Co-Founders Of Space Balloon Company Move Enterprise From Pima County To Florida

world view
Pima County Board of Supervisor Sharon Bronson, Supervisor Ramón Valadez and County Administrator Chuck Huckelberry presented a ceremonial key to World View founders and principals Jane Poynter and Taber MacCallum to commemorate the completion of construction in 2016. [Photo via Pima County Facebook]

In 2016, Pima County officials approved a $15 million taxpayer-funded investment to benefit a company that promised to generate 400 employees by the end of 2021 and design a capsule tethered to a balloon that would allow people to pay to travel to the stratosphere.

But now a note on the door of World View’s state-of-the-art headquarters south of the Tucson International Airport says the business is closed “until further noted” due to COVID-19. It’s unclear when the notice was posted or whether business operations are being conducted remotely, as calls to two of the phone numbers listed went unanswered.

In addition, the company’s website doesn’t even list its business address, let alone a phone number or staff emails.

That, however, isn’t what has many county officials and aerospace business leaders concerned.

Last week World View’s CEO Jane Poynter and co-founder Taber MacCallum announced they have started a new company in Florida where they intend to pursue their dream of sending paying customers 18 miles above Earth via a balloon.

MacCallum and Poynter are co-chief executives of Space Perspective, which was incorporated in February with a business address in Cocoa Beach, Florida. The company’s website notes it plans to create a pressurized pod -called Spaceship Neptune- and launch it from NASA’s Kennedy Space Station in Florida.

The pod, which could seat eight passengers and one pilot, will be tethered to the bottom of a space balloon. After a two hour ride up, the craft would hover for two hours before descending back to Earth where it would land on water.

Test flights –without humans- could begin next year, with hopes that paid flights can start in 2024, according to Poynter.

If those plans sound familiar to Pima County taxpayers, it should.
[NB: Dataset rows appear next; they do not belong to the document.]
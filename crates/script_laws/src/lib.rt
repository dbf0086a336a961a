//! What the core of a board knows of a plan is right, and what its closing comes to is what the plan's definitions say.
#![tactic(auto)]

ghost use Rattle.script_laws.specs.Laws.{ScriptsAreSound, TracesAreLawful, VersionsAreKept};

/// The rule of a board can be put over the script of a plan, of kind full where the words keep values.
pub fn scripts_are_sound()
    ensures { ScriptsAreSound }
{}

/// The runs of the last pass, in order of position, are a lawful trace.
pub fn traces_are_lawful()
    ensures { TracesAreLawful }
{}

/// Where the words keep versions, each is as meant once its writer is finished, and each earlier writer of what a taken position reads is known or finished.
pub fn versions_are_kept()
    ensures { VersionsAreKept }
{}
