//! Documents that are none and devices that fail: each case has its one answer, and its one text written so far.

use super::bytes::nested;
use super::devices::{TRANSFER_TEXT, in_pieces, into_sink};
use super::*;

// The line that `run` says of these bytes, with nothing written.
fn refusal<R: Threads + Sync>(rt: &R, alloc: Global, bytes: &[u8]) -> Result<String, Fail> {
    let said = answer(rt, alloc, "run", bytes)?;
    if !said.text.as_str().is_empty() {
        return Err("a refusal after a written byte".into());
    }
    Ok(said.line)
}

// No proper part from the front of a document is JSON.
#[test]
fn parts_from_the_front(rt: HostRuntime) -> Result<(), Fail> {
    let bytes = TRANSFER.as_bytes();
    for length in 0..bytes.len() {
        let line = refusal(&rt, rt.alloc(), &bytes[..length])?;
        assert_eq!(rt;
            line.as_str(),
            "parblock: refused: not json\n",
            "{length} bytes"
        );
    }
    let said = answer(&rt, rt.alloc(), "run", bytes)?;
    assert_eq!(rt; said.line.as_str(), "");
    assert_eq!(rt; said.text.as_str(), TRANSFER_TEXT);
    Ok(())
}

// The transfer document with a byte that is no UTF-8 in a name.
#[test]
fn a_byte_of_a_name(rt: HostRuntime) -> Result<(), Fail> {
    let mut bytes = Vec::new(rt.alloc());
    for byte in TRANSFER.as_bytes() {
        bytes.push(if *byte == b'k' { 255 } else { *byte })?;
    }
    let line = refusal(&rt, rt.alloc(), bytes.as_slice())?;
    assert_eq!(rt; line.as_str(), "parblock: refused: not json\n");
    Ok(())
}

// Arrays alone: one deeper is no JSON.
#[test]
fn the_greatest_depth(rt: HostRuntime) -> Result<(), Fail> {
    for (depth, wanted) in [
        (127, "parblock: refused: field .\n"),
        (128, "parblock: refused: not json\n"),
    ] {
        let text = nested(rt.alloc(), "[", "", "]", depth)?;
        let line = refusal(&rt, rt.alloc(), text.as_str().as_bytes())?;
        assert_eq!(rt; line.as_str(), wanted, "{depth} deep");
    }
    Ok(())
}

// The transfer document with one thing that it may not have.
#[test]
fn one_thing_too_many(rt: HostRuntime) -> Result<(), Fail> {
    for (edit, wanted) in [
        (
            "op transfer(from:record,to:record,n:number){from=from-n;to=to+n;} -> op f(r:record){r=(((((((((((((((((((((((((((((((((",
            "parblock: refused: contract 0 limit 49\n",
        ),
        (
            "{\"version\" -> {\"zz\":0,\"version\"",
            "parblock: refused: field zz\n",
        ),
        (
            "{\"do\":\"all\"} -> <9 times {\"do\":\"all\"}>",
            "parblock: refused: limit all 8\n",
        ),
    ] {
        let document = edited(rt.alloc(), TRANSFER, edit)?;
        let line = refusal(&rt, rt.alloc(), document.as_str().as_bytes())?;
        assert_eq!(rt; line.as_str(), wanted, "{edit}");
    }
    Ok(())
}

// The document comes in five pieces and an end: whichever of the six calls fails, nothing is written.
#[test]
fn each_read_fails(rt: HostRuntime) -> Result<(), Fail> {
    for call in 1..=6u32 {
        let said = in_pieces(&rt, rt.alloc(), "run", TRANSFER, (&[call], &[]))?;
        assert_eq!(rt; said.line.as_str(), "parblock: read fault\n", "call {call}");
        assert_eq!(rt; said.text.as_str(), "", "call {call}");
    }
    let said = in_pieces(&rt, rt.alloc(), "run", TRANSFER, (&[7], &[]))?;
    assert_eq!(rt; said.line.as_str(), "");
    assert_eq!(rt; said.text.as_str(), TRANSFER_TEXT);
    Ok(())
}

// The text goes out in twelve pieces: whichever fails, the pieces before it were written, and no more.
#[test]
fn each_write_fails(rt: HostRuntime) -> Result<(), Fail> {
    for (call, written) in [
        (1, 0),
        (2, 16),
        (3, 32),
        (4, 48),
        (5, 64),
        (6, 80),
        (7, 96),
        (8, 112),
        (9, 128),
        (10, 144),
        (11, 160),
        (12, 176),
    ] {
        let said = in_pieces(&rt, rt.alloc(), "run", TRANSFER, (&[], &[call]))?;
        assert_eq!(rt;
            said.line.as_str(),
            "parblock: write fault\n",
            "call {call}"
        );
        assert_eq!(rt; said.text.as_str().len(), written, "call {call}");
        assert!(rt;
            TRANSFER_TEXT.starts_with(said.text.as_str()),
            "call {call}"
        );
    }
    let said = in_pieces(&rt, rt.alloc(), "run", TRANSFER, (&[], &[13]))?;
    assert_eq!(rt; said.line.as_str(), "");
    assert_eq!(rt; said.text.as_str(), TRANSFER_TEXT);
    Ok(())
}

// A sink that may take nothing of a byte fails at once.
#[test]
fn nothing_is_taken(rt: HostRuntime) -> Result<(), Fail> {
    let mut sink = MemSink::new(rt.alloc(), 0, 20_000, &[])?;
    let said = into_sink(&rt, rt.alloc(), "run", TRANSFER, &[], &mut sink)?;
    assert_eq!(rt; said.line.as_str(), "parblock: write fault\n");
    assert_eq!(rt; said.text.as_str(), "");
    Ok(())
}
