//! How rows are named.

use super::*;

// A row is no pass where its document can't be made: it replaces what isn't there, or nothing, or has no fault.
#[test]
fn rows_without_documents(rt: HostRuntime) -> Result<(), Fail> {
    for row in [
        "'zz' -> 'version' => accepted",
        "'kind':'full' -> 'kind':'raw' && 'full' -> 'raw' => accepted",
        "'version' => accepted",
        "'version':1 -> 'version':1",
    ] {
        let wrong = wrong_row(&rt, rt.alloc(), "graph", BASE, row)?;
        assert!(rt; !wrong.is_empty(), "{row}");
    }
    Ok(())
}

// A section is no pass where it has another text, or none.
#[test]
fn sections_without_their_texts(rt: HostRuntime) -> Result<(), Fail> {
    let right = "\n== graph: the root\n[]\n--\nparblock: refused: field .\n";
    assert_eq!(rt;
        wrong_texts(&rt, rt.alloc(), right)?.as_str(),
        "sections 1\n"
    );
    for table in [
        "\n== graph: the root\n[]\n--\nparblock: refused: not json\n",
        "\n== graph: the root\n[]\n--\nparblock: refused: field .\n\n",
        "\n== graph: the root\n[]\n",
    ] {
        let wrong = wrong_texts(&rt, rt.alloc(), table)?;
        assert_ne!(rt; wrong.as_str(), "sections 1\n", "{table}");
    }
    Ok(())
}
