//! Command words: options in each form, and words that are no command.

use super::devices::{TRANSFER_TEXT, in_pieces};
use super::*;

// Words that are no command.
#[test]
fn bad_words(rt: HostRuntime) -> Result<(), Fail> {
    for line in [
        "",
        "run --workers 0",
        "run --workers 17",
        "run --workers",
        "run --workers 2 --workers 2",
        "run --workers 02",
        "run --",
        "live",
        "soak",
        "soak --seed 1",
        "soak --txns 1",
        "soak --seed 1 --txns 0",
        "soak --seed 1 --txns 4097",
        "soak --seed 65536 --txns 1",
        "soak --seed 01 --txns 1",
        "soak --seed 00 --txns 1",
        "soak --seed -1 --txns 1",
        "soak --seed 1 --txns=01",
        "soak --seed= --txns 1",
        "soak --seed --txns 1",
        "soak --seed 1 --txns 1 --seed 1",
        "soak --seed 1 --txns=1 --txns 1",
        "soak --seed 1 --txns 1 --workers 17",
        "soak --seed 1 --txns 1 --workers",
        "soak --seed 1 --txns 1 --trace",
        "soak --seed 1 --txns 1 --evidence",
        "soak --seed 1 --txns 1 1",
        "run --seed 1 --txns 1",
        "run --seed 1",
        "graph --seed 1",
        "Run",
        "run run",
        "run graph",
        "graph graph",
        "graph --trace",
        "graph --evidence",
        "--trace run",
        "run --trace --trace",
        "run --trace=x",
        "run --evidence=x",
        "run --evidence --evidence",
        "run --evidence --trace --evidence",
        "run --evid",
        "run --trace --workers=1 --workers 2",
        "run --workers --trace",
        "run --workers=",
        "run --workers +2",
        "run --workers=-2",
        "run --workers 1.0",
        "run --work 2",
        "run -w 2",
        "run -",
        "run -h",
        "run --help",
        "run --version",
    ] {
        let said = in_pieces(&rt, rt.alloc(), line, TRANSFER, (&[1], &[1]))?;
        assert_eq!(rt; said.line.as_str(), "parblock: usage\n", "{line}");
        assert_eq!(rt; said.text.as_str(), "", "{line}");
    }
    Ok(())
}

// What ran is printed behind the text where it is asked for, and the number of workers changes nothing else.
#[test]
fn options(rt: HostRuntime) -> Result<(), Fail> {
    let alloc = rt.alloc();
    let traced = format!(in alloc; "{TRANSFER_TEXT}burst p1 1 1\nspan 1 1 0 1\n")?;
    for (line, text) in [
        ("run --workers 1 --trace", traced.as_str()),
        ("run --workers=16 --trace", traced.as_str()),
        ("run --trace --workers 1", traced.as_str()),
        ("run --trace", traced.as_str()),
        ("run --trace --evidence", traced.as_str()),
        ("run --evidence --workers 1 --trace", traced.as_str()),
        ("run --evidence", TRANSFER_TEXT),
        ("run --workers=1", TRANSFER_TEXT),
        ("run --workers 16", TRANSFER_TEXT),
    ] {
        let said = in_pieces(&rt, alloc, line, TRANSFER, (&[], &[]))?;
        assert_eq!(rt; said.line.as_str(), "", "{line}");
        assert_eq!(rt; said.text.as_str(), text, "{line}");
    }
    Ok(())
}
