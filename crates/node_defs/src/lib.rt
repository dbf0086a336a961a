//! What a peer and a world come to: definitions over logs and events.
#![tactic(auto)]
World View garnered national attention in 2016 when it secured a $15 million commitment from Pima County to build a 120,000-square-foot headquarters and launch pad christened Spaceport Tucson near the Tucson International Airport. In return, World View is leasing the county-owned building for 20 years and agreed to employ 400 people by 2021.

At the center of the attention was World View’s much-hyped eight-person “capsule” that was to be lifted by the company’s proprietary Stratollite balloon to the stratosphere where it would disengaged to guide back to Earth with the help of a parawing, a type of large parachute.

Touchdown was to happen on land, according to the company, with test flights expected to happen by the end of 2017.

But World View ran into some problems in December 2017 when one of its balloons exploded at Spaceport Tucson, causing nearly $500,00 in damage to the county-owned building.

And in the excitement to secure those 400 jobs, some county officials seemed willing to disregard the determination by the Federal Aviation Administration’s Office of Commercial Space Transportation in 2013 that World View’s plans would require FAA licenses for commercial launches and any manned flights.

Now, MacCallum and Poynter say Florida is the place to be for any stratospheric manned flights. One reason provided for the change in locale is the need for various water options if a landing has to change course due to winds. And water landings aren’t feasible in Arizona.

It’s not clear if World View has formally dropped the stratospheric manned flight idea, or whether company officers relayed the news to Pima County officials or investors. But the company’s website makes no mention of future manned flight offerings.

In fact, the home page only addresses the “data and analytics” features of non-crewed Stratollite flight which has the capability to carry government and commercial payloads to the stratosphere and provide high resolution aerial data and analytics during high-altitude flights without the limitations of satellite orbit paths.

A Stratollite can operate at lower altitude than a satellite and can move slowly over large areas of interest while navigating at different altitudes. It capable of ongoing observation of areas of interest for days, weeks, even months at a time, and has radar and night vision capability.

Poynter went to great pains last week to reassure investors and the aerospace industry that Space Perspective will not be competing with World View.

“As World View founders and shareholders, we are World View’s wildest cheerleaders, but this is a completely separate company,” she said. “On a customer basis, we’re entirely different.”

MacCallum and Poynter are already talking about possible expansion of Space Perspective to a former U.S. Navy facility in Jacksonville, Florida, as well as conducting takeoffs from Alaska.

However, there are those in Pima County who point out the pair convinced officials to spend millions of dollars of taxpayer money on the basis for a balloon capsule idea that never made it off the ground, and could leave Pima County with an empty building.